__REQUIREMENT__:
Nothing in the data may be altered; restate all of it exactly.

== TASK INPUTS ==

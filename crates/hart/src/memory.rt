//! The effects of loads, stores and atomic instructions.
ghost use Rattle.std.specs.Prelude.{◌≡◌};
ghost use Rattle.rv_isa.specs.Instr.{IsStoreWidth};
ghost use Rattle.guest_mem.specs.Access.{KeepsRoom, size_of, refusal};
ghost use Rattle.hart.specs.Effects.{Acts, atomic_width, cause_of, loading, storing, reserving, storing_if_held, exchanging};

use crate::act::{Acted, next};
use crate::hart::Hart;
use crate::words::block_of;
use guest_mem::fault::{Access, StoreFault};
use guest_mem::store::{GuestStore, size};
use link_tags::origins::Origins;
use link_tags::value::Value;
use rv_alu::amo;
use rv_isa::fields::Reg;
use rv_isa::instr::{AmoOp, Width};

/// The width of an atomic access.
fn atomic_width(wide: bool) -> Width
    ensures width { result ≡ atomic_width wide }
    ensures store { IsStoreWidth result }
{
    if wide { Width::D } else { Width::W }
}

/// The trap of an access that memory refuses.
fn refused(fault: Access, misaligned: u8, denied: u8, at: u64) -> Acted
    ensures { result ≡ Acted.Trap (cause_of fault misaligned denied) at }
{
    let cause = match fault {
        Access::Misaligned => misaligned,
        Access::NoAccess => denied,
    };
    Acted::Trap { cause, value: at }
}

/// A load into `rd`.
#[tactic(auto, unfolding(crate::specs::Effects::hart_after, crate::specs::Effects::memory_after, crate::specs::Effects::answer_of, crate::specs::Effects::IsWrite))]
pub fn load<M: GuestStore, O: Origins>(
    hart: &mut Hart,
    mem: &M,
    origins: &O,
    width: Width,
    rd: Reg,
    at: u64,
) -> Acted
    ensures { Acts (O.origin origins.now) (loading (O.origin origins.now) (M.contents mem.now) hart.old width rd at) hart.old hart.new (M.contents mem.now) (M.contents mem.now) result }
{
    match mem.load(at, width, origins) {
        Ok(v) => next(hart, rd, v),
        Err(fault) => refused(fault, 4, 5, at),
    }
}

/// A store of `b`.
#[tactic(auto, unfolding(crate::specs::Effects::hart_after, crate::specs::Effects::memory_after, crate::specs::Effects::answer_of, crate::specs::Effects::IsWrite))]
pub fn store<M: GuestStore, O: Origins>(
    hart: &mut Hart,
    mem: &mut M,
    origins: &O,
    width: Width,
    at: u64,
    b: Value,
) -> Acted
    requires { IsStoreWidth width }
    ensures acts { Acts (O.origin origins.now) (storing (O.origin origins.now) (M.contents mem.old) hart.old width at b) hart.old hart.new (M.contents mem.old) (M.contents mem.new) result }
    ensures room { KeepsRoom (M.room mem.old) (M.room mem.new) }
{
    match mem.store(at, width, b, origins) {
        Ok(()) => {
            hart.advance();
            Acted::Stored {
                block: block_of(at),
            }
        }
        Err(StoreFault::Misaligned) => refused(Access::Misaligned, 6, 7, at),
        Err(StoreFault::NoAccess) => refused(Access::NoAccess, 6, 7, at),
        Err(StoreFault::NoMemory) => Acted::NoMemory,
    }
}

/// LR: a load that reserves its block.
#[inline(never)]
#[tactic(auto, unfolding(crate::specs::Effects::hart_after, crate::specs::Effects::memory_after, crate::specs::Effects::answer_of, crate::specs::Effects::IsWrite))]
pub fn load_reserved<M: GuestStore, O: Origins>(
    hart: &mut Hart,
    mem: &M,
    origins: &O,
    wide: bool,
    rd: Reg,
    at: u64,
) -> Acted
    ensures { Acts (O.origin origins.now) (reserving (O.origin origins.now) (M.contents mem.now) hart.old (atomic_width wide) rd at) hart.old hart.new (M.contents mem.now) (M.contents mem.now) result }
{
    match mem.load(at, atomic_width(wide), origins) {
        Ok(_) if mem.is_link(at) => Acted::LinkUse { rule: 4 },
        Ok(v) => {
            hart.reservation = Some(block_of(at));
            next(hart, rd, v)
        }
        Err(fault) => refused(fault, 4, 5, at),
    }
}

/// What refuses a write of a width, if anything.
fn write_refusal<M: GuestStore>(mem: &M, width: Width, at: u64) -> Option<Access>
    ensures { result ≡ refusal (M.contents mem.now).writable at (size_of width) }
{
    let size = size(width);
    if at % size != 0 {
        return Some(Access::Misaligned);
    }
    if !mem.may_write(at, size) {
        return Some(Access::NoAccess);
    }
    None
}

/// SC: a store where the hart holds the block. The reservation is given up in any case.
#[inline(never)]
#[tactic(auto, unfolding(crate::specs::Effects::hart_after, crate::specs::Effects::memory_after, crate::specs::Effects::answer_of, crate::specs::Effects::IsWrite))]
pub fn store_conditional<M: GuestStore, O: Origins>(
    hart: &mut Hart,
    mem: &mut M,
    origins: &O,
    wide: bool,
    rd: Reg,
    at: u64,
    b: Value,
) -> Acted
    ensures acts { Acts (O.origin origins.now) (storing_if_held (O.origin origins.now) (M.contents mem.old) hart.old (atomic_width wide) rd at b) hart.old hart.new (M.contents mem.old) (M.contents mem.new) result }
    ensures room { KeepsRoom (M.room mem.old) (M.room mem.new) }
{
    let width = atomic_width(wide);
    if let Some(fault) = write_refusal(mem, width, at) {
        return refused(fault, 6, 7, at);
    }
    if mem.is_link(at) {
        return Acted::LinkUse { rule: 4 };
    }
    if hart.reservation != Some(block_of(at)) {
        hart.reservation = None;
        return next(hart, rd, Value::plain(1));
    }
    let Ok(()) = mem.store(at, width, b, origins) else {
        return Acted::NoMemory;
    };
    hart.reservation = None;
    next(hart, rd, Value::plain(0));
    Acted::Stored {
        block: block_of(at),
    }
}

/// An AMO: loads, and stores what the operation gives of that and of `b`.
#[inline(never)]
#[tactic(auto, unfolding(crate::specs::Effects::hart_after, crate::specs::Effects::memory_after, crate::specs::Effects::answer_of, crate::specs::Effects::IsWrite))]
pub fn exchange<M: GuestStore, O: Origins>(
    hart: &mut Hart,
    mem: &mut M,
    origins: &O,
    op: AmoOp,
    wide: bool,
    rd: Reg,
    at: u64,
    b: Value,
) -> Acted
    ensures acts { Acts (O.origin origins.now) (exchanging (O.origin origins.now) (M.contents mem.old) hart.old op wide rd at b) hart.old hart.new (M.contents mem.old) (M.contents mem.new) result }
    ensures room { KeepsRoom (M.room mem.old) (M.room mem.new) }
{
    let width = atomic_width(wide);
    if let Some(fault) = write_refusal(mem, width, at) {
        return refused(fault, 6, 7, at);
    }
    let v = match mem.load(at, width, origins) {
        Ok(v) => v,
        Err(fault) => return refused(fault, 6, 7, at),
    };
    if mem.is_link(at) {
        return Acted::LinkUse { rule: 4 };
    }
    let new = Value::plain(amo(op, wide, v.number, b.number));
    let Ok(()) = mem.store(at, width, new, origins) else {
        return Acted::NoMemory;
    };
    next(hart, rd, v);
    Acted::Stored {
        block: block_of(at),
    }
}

===

__RESULT OF THE TASK__:
filename crates/hart/src/memory.rt
//! The effects of loads, stores and atomic instructions.
ghost use Rattle.std.specs.Prelude.{◌≡◌};
ghost use Rattle.rv_isa.specs.Instr.{IsStoreWidth};
ghost use Rattle.guest_mem.specs.Access.{KeepsRoom, size_of, refusal};
ghost use Rattle.hart.specs.Effects.{Acts, atomic_width, cause_of, loading, storing, reserving, storing_if_held, exchanging};

use crate::act::{Acted, next};
use crate::hart::Hart;
use crate::words::block_of;
use guest_mem::fault::{Access, StoreFault};
use guest_mem::store::{GuestStore, size};
use link_tags::origins::Origins;
use link_tags::value::Value;
use rv_alu::amo;
use rv_isa::fields::Reg;
use rv_isa::instr::{AmoOp, Width};

/// The width of an atomic access.
fn atomic_width(wide: bool) -> Width
    ensures width { result ≡ atomic_width wide }
    ensures store { IsStoreWidth result }
{
    if wide { Width::D } else { Width::W }
}

/// The trap of an access that memory refuses.
fn refused(fault: Access, misaligned: u8, denied: u8, at: u64) -> Acted
    ensures { result ≡ Acted.Trap (cause_of fault misaligned denied) at }
{
    let cause = match fault {
        Access::Misaligned => misaligned,
        Access::NoAccess => denied,
    };
    Acted::Trap { cause, value: at }
}

/// A load into `rd`.
#[tactic(auto, unfolding(crate::specs::Effects::hart_after, crate::specs::Effects::memory_after, crate::specs::Effects::answer_of, crate::specs::Effects::IsWrite))]
pub fn load<M: GuestStore, O: Origins>(
    hart: &mut Hart,
    mem: &M,
    origins: &O,
    width: Width,
    rd: Reg,
    at: u64,
) -> Acted
    ensures { Acts (O.origin origins.now) (loading (O.origin origins.now) (M.contents mem.now) hart.old width rd at) hart.old hart.new (M.contents mem.now) (M.contents mem.now) result }
{
    match mem.load(at, width, origins) {
        Ok(v) => next(hart, rd, v),
        Err(fault) => refused(fault, 4, 5, at),
    }
}

/// A store of `b`.
#[tactic(auto, unfolding(crate::specs::Effects::hart_after, crate::specs::Effects::memory_after, crate::specs::Effects::answer_of, crate::specs::Effects::IsWrite))]
pub fn store<M: GuestStore, O: Origins>(
    hart: &mut Hart,
    mem: &mut M,
    origins: &O,
    width: Width,
    at: u64,
    b: Value,
) -> Acted
    requires { IsStoreWidth width }
    ensures acts { Acts (O.origin origins.now) (storing (O.origin origins.now) (M.contents mem.old) hart.old width at b) hart.old hart.new (M.contents mem.old) (M.contents mem.new) result }
    ensures room { KeepsRoom (M.room mem.old) (M.room mem.new) }
{
    match mem.store(at, width, b, origins) {
        Ok(()) => {
            hart.advance();
            Acted::Stored {
                block: block_of(at),
            }
        }
        Err(StoreFault::Misaligned) => refused(Access::Misaligned, 6, 7, at),
        Err(StoreFault::NoAccess) => refused(Access::NoAccess, 6, 7, at),
        Err(StoreFault::NoMemory) => Acted::NoMemory,
    }
}

/// LR: a load that reserves its block.
#[inline(never)]
#[tactic(auto, unfolding(crate::specs::Effects::hart_after, crate::specs::Effects::memory_after, crate::specs::Effects::answer_of, crate::specs::Effects::IsWrite))]
pub fn load_reserved<M: GuestStore, O: Origins>(
    hart: &mut Hart,
    mem: &M,
    origins: &O,
    wide: bool,
    rd: Reg,
    at: u64,
) -> Acted
    ensures { Acts (O.origin origins.now) (reserving (O.origin origins.now) (M.contents mem.now) hart.old (atomic_width wide) rd at) hart.old hart.new (M.contents mem.now) (M.contents mem.now) result }
{
    match mem.load(at, atomic_width(wide), origins) {
        Ok(_) if mem.is_link(at) => Acted::LinkUse { rule: 4 },
        Ok(v) => {
            hart.reservation = Some(block_of(at));
            next(hart, rd, v)
        }
        Err(fault) => refused(fault, 4, 5, at),
    }
}

/// What refuses a write of a width, if anything.
fn write_refusal<M: GuestStore>(mem: &M, width: Width, at: u64) -> Option<Access>
    ensures { result ≡ refusal (M.contents mem.now).writable at (size_of width) }
{
    let size = size(width);
    if at % size != 0 {
        return Some(Access::Misaligned);
    }
    if !mem.may_write(at, size) {
        return Some(Access::NoAccess);
    }
    None
}

/// SC: a store where the hart holds the block. The reservation is given up in any case.
#[inline(never)]
#[tactic(auto, unfolding(crate::specs::Effects::hart_after, crate::specs::Effects::memory_after, crate::specs::Effects::answer_of, crate::specs::Effects::IsWrite))]
pub fn store_conditional<M: GuestStore, O: Origins>(
    hart: &mut Hart,
    mem: &mut M,
    origins: &O,
    wide: bool,
    rd: Reg,
    at: u64,
    b: Value,
) -> Acted
    ensures acts { Acts (O.origin origins.now) (storing_if_held (O.origin origins.now) (M.contents mem.old) hart.old (atomic_width wide) rd at b) hart.old hart.new (M.contents mem.old) (M.contents mem.new) result }
    ensures room { KeepsRoom (M.room mem.old) (M.room mem.new) }
{
    let width = atomic_width(wide);
    if let Some(fault) = write_refusal(mem, width, at) {
        return refused(fault, 6, 7, at);
    }
    if mem.is_link(at) {
        return Acted::LinkUse { rule: 4 };
    }
    if hart.reservation != Some(block_of(at)) {
        hart.reservation = None;
        return next(hart, rd, Value::plain(1));
    }
    let Ok(()) = mem.store(at, width, b, origins) else {
        return Acted::NoMemory;
    };
    hart.reservation = None;
    next(hart, rd, Value::plain(0));
    Acted::Stored {
        block: block_of(at),
    }
}

/// An AMO: loads, and stores what the operation gives of that and of `b`.
#[inline(never)]
#[tactic(auto, unfolding(crate::specs::Effects::hart_after, crate::specs::Effects::memory_after, crate::specs::Effects::answer_of, crate::specs::Effects::IsWrite))]
pub fn exchange<M: GuestStore, O: Origins>(
    hart: &mut Hart,
    mem: &mut M,
    origins: &O,
    op: AmoOp,
    wide: bool,
    rd: Reg,
    at: u64,
    b: Value,
) -> Acted
    ensures acts { Acts (O.origin origins.now) (exchanging (O.origin origins.now) (M.contents mem.old) hart.old op wide rd at b) hart.old hart.new (M.contents mem.old) (M.contents mem.new) result }
    ensures room { KeepsRoom (M.room mem.old) (M.room mem.new) }
{
    let width = atomic_width(wide);
    if let Some(fault) = write_refusal(mem, width, at) {
        return refused(fault, 6, 7, at);
    }
    let v = match mem.load(at, width, origins) {
        Ok(v) => v,
        Err(fault) => return refused(fault, 6, 7, at),
    };
    if mem.is_link(at) {
        return Acted::LinkUse { rule: 4 };
    }
    let new = Value::plain(amo(op, wide, v.number, b.number));
    let Ok(()) = mem.store(at, width, new, origins) else {
        return Acted::NoMemory;
    };
    next(hart, rd, v);
    Acted::Stored {
        block: block_of(at),
    }
}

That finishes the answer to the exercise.